On the next screen you need to note down Client Id and Client Secret generated for you by Pega Platform. Just click “View & Download” to have this information conveniently exported to a text file. Notice that in this case Client represents your native app, so obviously the Client ID is different from the Client ID you have in Okta integration, where Client represented Pega Platform.

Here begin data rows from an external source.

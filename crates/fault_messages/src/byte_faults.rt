//! The first byte of a line that no script may have.
ghost use Rattle.std.specs.Prelude.{◌≡◌, ◌+◌, ◌≤◌, ◌++◌, length, OnOk};
ghost use Rattle.graph_script.specs.Lexical.{is_allowed};
ghost use Rattle.fault_messages.specs.ByteFaults.{byte_place, byte_value, mark, byte_words, riff_part, value_said, byte_said};

use crate::lines::begins;
use crate::putting::put_two_numbers;
use pw_lists::{Memory, Text};

fn is_allowed(b: u8) -> bool
    ensures { result ≡ is_allowed b }
{
    matches!(b, b'\t' | b'\n' | b'\r' | b' '..=b'~')
}

// How many bytes are before it.
fn byte_place(line: &[u8]) -> usize
    ensures value { result ≡ byte_place line.now }
    ensures within { result ≤ length line.now }
{
    line.iter().take_while(|b| is_allowed(**b)).count()
}

fn byte_value(line: &[u8]) -> u8
    ensures { result ≡ byte_value line.now }
{
    match line.get(byte_place(line)) {
        None => 0,
        Some(b) => *b,
    }
}

// The mark that a text in UTF-8 may begin with.
fn mark() -> &'static [u8]
    ensures { result.now ≡ mark }
{
    b"\xEF\xBB\xBF"
}

// What kind of byte it is.
fn byte_words(b: u8) -> &'static [u8]
    ensures { result.now ≡ byte_words b }
{
    if 128 <= b {
        b"only ASCII may be in a script, in comments too: byte "
    } else {
        b"a byte that no script may have: "
    }
}

// What is said of a line that begins as a WAV file does.
fn riff_part(line: &[u8]) -> &'static [u8]
    ensures { result.now ≡ riff_part line.now }
{
    if begins(line, b"RIFF") {
        b"; the line begins with RIFF, as a WAV file does"
    } else {
        b""
    }
}

// Its value and its column.
#[tactic(auto, unfolding(crate::specs::ByteFaults::value_said))]
fn put_value(text: &mut Text, line: &[u8]) -> Result<(), Memory>
    ensures { OnOk result (text.new ≡ text.old ++ value_said line.now) }
{
    let value = byte_value(line);
    let column = (byte_place(line) as u64).saturating_add(1);
    put_two_numbers(
        text,
        byte_words(value),
        u64::from(value),
        b", in column ",
        column,
        riff_part(line),
    )
}

/// Its value and its column, or the mark that the line begins with.
#[tactic(auto, unfolding(crate::specs::ByteFaults::byte_said))]
pub fn put_byte(text: &mut Text, line: &[u8]) -> Result<(), Memory>
    ensures { OnOk result (text.new ≡ text.old ++ byte_said line.now) }
{
    if begins(line, mark()) {
        text.extend(b"the line begins with a UTF-8 mark: save the file without it")
    } else {
        put_value(text, line)
    }
}
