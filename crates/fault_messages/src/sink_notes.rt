//! Sinks and meters that got no format or no frames, the files of sinks, and samples at a limit, in
//! words.
ghost use Rattle.std.specs.Prelude.{◌≡◌, ◌++◌, map, string_bytes, option_copied, OnOk};
ghost use Rattle.fault_messages.specs.SinkNotes.{file_notes, wave_notes, sink_note, peak_of};
ghost use Rattle.fault_messages.specs.SinkNotes.{meter_note, name_of, sink_part, sink_notes};
ghost use Rattle.fault_messages.specs.SinkWaves.{samples_at};

use crate::clipped_sinks::put_clipped_note;
use crate::empty_sinks::{put_empty_note, put_still_note};
use crate::note_heads::put_note_head;
use crate::sink_files::{put_later_note, put_name_note, put_script_note, put_source_note};
use crate::sink_waves::samples_at;
use crate::unused_nodes::{put_meter_said, put_sink_said};
use graph_script::{Command, Line, Script};
use pw_graph::Plan;
use pw_lists::{Memory, Text};
use run_results::Store;
use wav_files::Peak;

// Of the file of a sink that stored samples: that a later sink writes it too, that a source reads
// it, that it is the script, or what its name is.
fn put_file_notes(
    text: &mut Text,
    words: &[String],
    lines: &[Line],
    stores: &[Store],
    number: u32,
    file: &[u8],
) -> Result<(), Memory>
    ensures { OnOk result (text.new ≡ text.old
        ++ file_notes (map string_bytes words.now) lines.now stores.now number file.now) }
{
    put_later_note(text, words, stores, number, file)?;
    put_source_note(text, words, lines, number, file)?;
    put_script_note(text, words, number, file)?;
    put_name_note(text, words, number, file)
}

// Of the samples that a sink stored: that there are none, or how many are at a limit.
fn put_wave_notes(
    text: &mut Text,
    words: &[String],
    script: &Script,
    plan: &Plan,
    samples: &[i16],
    number: u32,
    node: u32,
    file: &[u8],
) -> Result<(), Memory>
    ensures { OnOk result (text.new ≡ text.old
        ++ wave_notes (map string_bytes words.now) script.now plan.now samples.now number node
        file.now) }
{
    let name = name_of(script, node);
    put_empty_note(text, words, script, plan, samples, number, node, name, file)?;
    put_clipped_note(text, words, samples, number, name)
}

// The notes on a sink, by the samples that it stored, if it did.
fn put_sink_note(
    text: &mut Text,
    words: &[String],
    script: &Script,
    plan: &Plan,
    stores: &[Store],
    number: u32,
    node: u32,
    file: &[u8],
) -> Result<(), Memory>
    ensures { OnOk result (text.new ≡ text.old
        ++ sink_note (map string_bytes words.now) script.now plan.now stores.now
        (samples_at stores.now number) number node file.now) }
{
    match samples_at(stores, number) {
        None => {
            let name = name_of(script, node);
            put_note_head(text, words, number)?;
            put_sink_said(text, script.lines.as_slice(), stores, node, name, file)?;
            text.extend(b"\n")
        }
        Some(samples) => {
            let lines = script.lines.as_slice();
            put_file_notes(text, words, lines, stores, number, file)?;
            put_wave_notes(text, words, script, plan, samples, number, node, file)
        }
    }
}

// The peak of a node, if it has one.
fn peak_of(peaks: &[Peak], node: u32) -> Option<Peak>
    ensures { result ≡ peak_of peaks.now node }
{
    for peak in peaks {
        if peak.node == node {
            return Some(*peak);
        }
    }
    None
}

// The note on a meter, by its peak, if it has one.
fn put_meter_note(
    text: &mut Text,
    words: &[String],
    script: &Script,
    plan: &Plan,
    peak: Option<Peak>,
    number: u32,
    node: u32,
) -> Result<(), Memory>
    ensures { OnOk result (text.new ≡ text.old
        ++ meter_note (map string_bytes words.now) script.now plan.now peak number node) }
{
    let name = name_of(script, node);
    match peak {
        None => {
            put_note_head(text, words, number)?;
            put_meter_said(text, script.lines.as_slice(), node, name)?;
            text.extend(b"\n")
        }
        Some(peak) => put_still_note(text, words, script, plan, peak.value, number, node, name),
    }
}

/// The name of a node; nothing where it has none.
pub fn name_of(script: &Script, node: u32) -> &[u8]
    ensures { result.now ≡ name_of script.now node }
{
    match script.names.as_slice().get(node as usize) {
        None => b"".as_slice(),
        Some(name) => name.as_slice(),
    }
}

// The notes on a line of the script.
fn put_sink_part(
    text: &mut Text,
    words: &[String],
    script: &Script,
    plan: &Plan,
    stores: &[Store],
    peaks: &[Peak],
    line: &Line,
) -> Result<(), Memory>
    ensures { OnOk result (text.new ≡ text.old
        ++ sink_part (map string_bytes words.now) script.now plan.now stores.now peaks.now
        line.now.line line.now.command) }
{
    let number = line.line;
    match &line.command {
        Command::Sink { node, file } => {
            let file = file.as_slice();
            put_sink_note(text, words, script, plan, stores, number, *node, file)
        }
        Command::Meter { node } => {
            let peak = peak_of(peaks, *node);
            put_meter_note(text, words, script, plan, peak, number, *node)
        }
        _ => Ok(()),
    }
}

/// Which sinks and meters of a script had no format at the end or got no frames, which sinks wrote
/// a file that a later one writes too or a source reads, and which have samples at a limit of 16
/// bits: a note for each, by what the run stored, by the peaks of its meters, and by its plan.
/// Cost: for each sink one look at each of its samples, and for each of both one at each line of
/// the script and at each active node of each epoch.
pub fn put_sink_notes(
    text: &mut Text,
    words: &[String],
    script: &Script,
    plan: &Plan,
    stores: &[Store],
    peaks: &[Peak],
) -> Result<(), Memory>
    ensures { OnOk result (text.new ≡ text.old
        ++ sink_notes (map string_bytes words.now) script.now plan.now stores.now peaks.now) }
{
    for line in script.lines.as_slice() {
        put_sink_part(text, words, script, plan, stores, peaks, line)?;
    }
    Ok(())
}
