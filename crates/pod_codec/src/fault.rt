//! Why bytes are not a POD, and why a value is not written.
ghost use Rattle.std.specs.Prelude.{◌≡◌};
ghost use Rattle.pod_codec.specs.PodFaults.{pod_fault_number, write_fault_number};
ghost use Rattle.pod_codec.specs.declared.fault.PodFault.TheVariants as p;
ghost use Rattle.pod_codec.specs.declared.fault.WriteFault.TheVariants as w;

use pw_lists::Memory;

/// The first fault of bytes that spell no POD within the limits, or that memory ran out. Offsets
/// count from the first byte that is given; they are below 2^32 since a POD has at most 1,048,584
/// bytes.
#[derive(Clone, Copy, Debug, PartialEq, Eq, Drop)]
pub enum PodFault {
    /// The POD whose header begins there, or the key and flags that do, pass the end.
    Short { offset: u32 },
    /// The number that is there is no type, child type or choice type that is read.
    TypeUnknown { offset: u32, number: u32 },
    /// The size that is there is not that of its type.
    Size { offset: u32 },
    /// The elements of the array or choice that begins there do not fill its body.
    Uneven { offset: u32 },
    /// The POD that begins there is in sixteen others.
    Deep { offset: u32 },
    /// The outermost body has `size` bytes, more than 1,048,576.
    Large { size: u32 },
    /// The string that begins there does not end in a nul.
    Nul { offset: u32 },
    /// No memory was left.
    Memory,
}

impl From<Memory> for PodFault {
    ghost from_gives = { λ _ fault. fault ≡ p.Memory };

    fn from(_memory: Memory) -> PodFault {
        PodFault::Memory
    }
}

impl PodFault {
    /// Its number in a printed line, from 1 to 8.
    pub fn number(self) -> u8
        ensures { result ≡ pod_fault_number self }
    {
        match self {
            PodFault::Short { .. } => 1,
            PodFault::TypeUnknown { .. } => 2,
            PodFault::Size { .. } => 3,
            PodFault::Uneven { .. } => 4,
            PodFault::Deep { .. } => 5,
            PodFault::Large { .. } => 6,
            PodFault::Nul { .. } => 7,
            PodFault::Memory => 8,
        }
    }
}

/// Why a value was not written.
#[derive(Clone, Copy, Debug, PartialEq, Eq, Drop)]
pub enum WriteFault {
    /// It is too deep or too long, or a child is of another type than its parent says.
    Unwritable,
    /// No memory was left.
    Memory,
}

impl WriteFault {
    /// Its number, 1 or 2.
    pub fn number(self) -> u8
        ensures { result ≡ write_fault_number self }
    {
        match self {
            WriteFault::Unwritable => 1,
            WriteFault::Memory => 2,
        }
    }
}

impl From<Memory> for WriteFault {
    ghost from_gives = { λ _ fault. fault ≡ w.Memory };

    fn from(_memory: Memory) -> WriteFault {
        WriteFault::Memory
    }
}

Because we want to use OpenID Connect protocol, you need to make adjustments to registration endpoint configuration:
- Choose authorization code as the only supported grant type
- Add the Redirect URI. In later steps you will configure your native app to register as a handler for this URI, so the scheme should be unique to your native app
- Enable refresh token
- Enable PKCE, because this is recommended for distributed native apps, and in this configuration your client is a native app
Save your changes
Step 6: Build your mobile app
You should just follow the process described here, there is nothing specific to Okta. The custom.properties file corresponding to the example described in this how-to looks as follows:
container.authentication.servletName = PRMobileOAuth2
container.authentication.type = oauth2
container.authentication.oauth2.grantType = authorization_code
container.authentication.oauth2.scope = openid email profile
container.authentication.oauth2.authorizationEndpoint = https://eng-killerbees09.rpega.com:8080/prweb/PRRestService/oauth2/v1/authorize
container.authentication.oauth2.tokenEndpoint = https://eng-killerbees09.rpega.com:8080/prweb/PRRestService/oauth2/v1/token
container.authentication.oauth2.userInfoEndpoint = https://eng-killerbees09.rpega.com:8080/prweb/PRRestService/oauthclients/v1/userinfo/json
container.authentication.oauth2.tokenRevocationEndpoint = https://eng-killerbees09.rpega.com:8080/prweb/PRRestService/oauth2/v1/revoke
container.authentication.oauth2.clientId = 51965064475465274201
container.authentication.oauth2.clientSecret = D21D0A98CDAA58EE5101C5150480117E
container.authentication.oauth2.redirectUri = com.myorg.myapp://redirect
Step 7: Login to your mobile app
Install your brand new mobile app on a phone to verify the experience your end users will have. After starting the app, it will display the following screen:
Tapping "Log in" will open an external web browser, such as Chrome, and load the Okta login page there:
After successful authentication, you will be brought back to your app which will proceed with loading your Pega application.